To determine which choice will increase the cell voltage the most, we can use the Nernst equation. The Nernst equation is given as:
Ecell = E°cell + (0.059/n) * log([Cu2+]/[Fe2+])
Where:
- Ecell is the cell voltage
- E°cell is the standard cell voltage
- [Cu2+] is the concentration of Cu2+
- [Fe2+] is the concentration of Fe2+
- n is the number of electrons transferred in the balanced equation
Based on the equation, we can see that increasing [Cu2+] or decreasing [Fe2+] will result in an increase in cell voltage.
Let's consider the given choices:
A) Halve[Cu2+]:
If we halve the concentration of Cu2+, the value in the log term would decrease. However, since there is a negative sign in front of the log term, halving [Cu2+] would result in a smaller negative value, ultimately increasing the cell voltage.
B) Double[Cu2+]:
If we double the concentration of Cu2+, the value in the log term would increase. Since there is a positive coefficient (0.059/n) in front of the log term, doubling [Cu2+] would result in a larger positive value, ultimately increasing the cell voltage.
C) Double[Fe2+]:
If we double the concentration of Fe2+, the value in the log term would decrease. Doubling [Fe2+] would result in a smaller negative value in the log term, which would decrease the cell voltage.
D) Halve[Fe2+]:
If we halve the concentration of Fe2+, the value in the log term would increase.
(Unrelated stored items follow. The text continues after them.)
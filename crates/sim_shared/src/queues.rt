//! What there is to ask of a resource of any kind before one more waits at it, and how it does.
ghost use Rattle.std.specs.Prelude.{◌≡◌, ◌<ℤ◌, pos, ℕ, List, IsFalse, IsTrue};
ghost use Rattle.sim_types.specs.declared.event.EventId.{EventId};
ghost use Rattle.sim_types.specs.declared.setup.Resource.{Resource};
ghost use Rattle.sim_machine.specs.State.{Slot, Give, Take, Waiter, Facilities};
ghost use Rattle.sim_machine.specs.Attempts as attempts;
ghost use Rattle.sim_machine.specs.MayAsk.{takes_requests};
ghost use Rattle.sim_machine.specs.Requests as requests;
ghost use Rattle.sim_machine.specs.Users.{resource_at, users, put_queue};
ghost use Rattle.sim_shared_model.specs.Joining.{IsAbsentAt, IsJoined, with_waiter};
ghost use Rattle.sim_shared_model.specs.Resources.{HasPlace, declared_as, without_opening};
ghost use Rattle.sim_shared_model.specs.ShowsAll.{ShowsAt};

use crate::resource::SharedResource;
use sim_types::{EventId, ProcId, RequestKey};

/// Whether a request may take the slot of a user.
pub(crate) fn is_preemptive(resource: &SharedResource) -> bool
    ensures { result ≡ requests.is_preemptive (declared_as resource.now).kind }
{
    match resource {
        SharedResource::Desk(desk) => desk.is_preemptive(),
        SharedResource::Tank(_) => false,
        SharedResource::Shelf(_) => false,
    }
}

/// Whether requests wait at it, and neither puts nor gets.
pub(crate) fn is_desk(resource: &SharedResource) -> bool
    ensures { result ≡ takes_requests (declared_as resource.now).kind }
{
    match resource {
        SharedResource::Desk(_) => true,
        SharedResource::Tank(_) => false,
        SharedResource::Shelf(_) => false,
    }
}

/// Whether it is a container.
pub(crate) fn is_container(resource: &SharedResource) -> bool
    ensures { result ≡ attempts.is_container (declared_as resource.now).kind }
{
    match resource {
        SharedResource::Desk(_) => false,
        SharedResource::Tank(_) => true,
        SharedResource::Shelf(_) => false,
    }
}

/// Whether the next attempt at a request would preempt a user of this process, if a request of this key joined.
pub(crate) fn own_victim(resource: &SharedResource, key: RequestKey, process: ProcId) -> bool
    requires { IsTrue (takes_requests (declared_as resource.now).kind) }
    ensures { (rs : List Resource) (res : ℕ) (event : EventId) (f : Facilities) →
        declared_as resource.now ≡ without_opening (resource_at rs res) →
        ShowsAt rs res resource.now f →
        let w : Waiter = record { event = event; res = res; want = Slot process key } in
        result ≡ requests.is_of process (requests.victim_at_first (resource_at rs res)
        (put_queue rs res (with_waiter w f).waiters) (users res f.ledger)) }
{
    match resource {
        SharedResource::Desk(desk) => desk.own_victim(key, process),
        SharedResource::Tank(_) => false,
        SharedResource::Shelf(_) => false,
    }
}

/// A request waits.
pub(crate) fn add_request(
    resource: &mut SharedResource,
    request: EventId,
    key: RequestKey,
    process: ProcId,
)
    requires slots { IsTrue (takes_requests (declared_as resource.old).kind) }
    requires place { HasPlace resource.old }
    requires absent { IsAbsentAt request resource.old }
    ensures { (res : ℕ) →
        let w : Waiter = record { event = request; res = res; want = Slot process key } in
        IsJoined w resource.old resource.new }
{
    match resource {
        SharedResource::Desk(desk) => desk.join(request, key, process),
        SharedResource::Tank(_) => {}
        SharedResource::Shelf(_) => {}
    }
}

/// A put waits.
pub(crate) fn add_put(resource: &mut SharedResource, put: EventId, amount: i64, priority: i64)
    requires stock { IsFalse (takes_requests (declared_as resource.old).kind) }
    requires amount { IsTrue (attempts.is_container (declared_as resource.old).kind) →
        pos 0 <ℤ amount }
    requires place { HasPlace resource.old }
    requires absent { IsAbsentAt put resource.old }
    ensures { (res : ℕ) →
        let w : Waiter = record { event = put; res = res; want = Give amount priority } in
        IsJoined w resource.old resource.new }
{
    match resource {
        SharedResource::Desk(_) => {}
        SharedResource::Tank(tank) => tank.join_put(put, amount),
        SharedResource::Shelf(shelf) => shelf.join_put(put, amount, priority),
    }
}

/// A get waits.
pub(crate) fn add_get(resource: &mut SharedResource, get: EventId, least: i64, greatest: i64)
    requires stock { IsFalse (takes_requests (declared_as resource.old).kind) }
    requires amount { IsTrue (attempts.is_container (declared_as resource.old).kind) →
        pos 0 <ℤ least }
    requires place { HasPlace resource.old }
    requires absent { IsAbsentAt get resource.old }
    ensures { (res : ℕ) →
        let w : Waiter = record { event = get; res = res; want = Take least greatest } in
        IsJoined w resource.old resource.new }
{
    match resource {
        SharedResource::Desk(_) => {}
        SharedResource::Tank(tank) => tank.join_get(get, least),
        SharedResource::Shelf(shelf) => shelf.join_get(get, least, greatest),
    }
}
However, since there is a negative coefficient (0.059/n) in front of the log term, halving [Fe2+] would result in a larger negative value, ultimately decreasing the cell voltage.
E) Cut Cu electrode in half:
Reducing the surface area of the Cu electrode by cutting it in half would not affect the concentrations of Cu2+ or Fe2+. Therefore, it would not have any impact on the cell voltage.
From analyzing the choices, we can see that the option that will increase the cell voltage the most is B) Double[Cu2+]. By doubling the concentration of Cu2+, the value in the log term increases, resulting in a larger positive value and a higher cell voltage.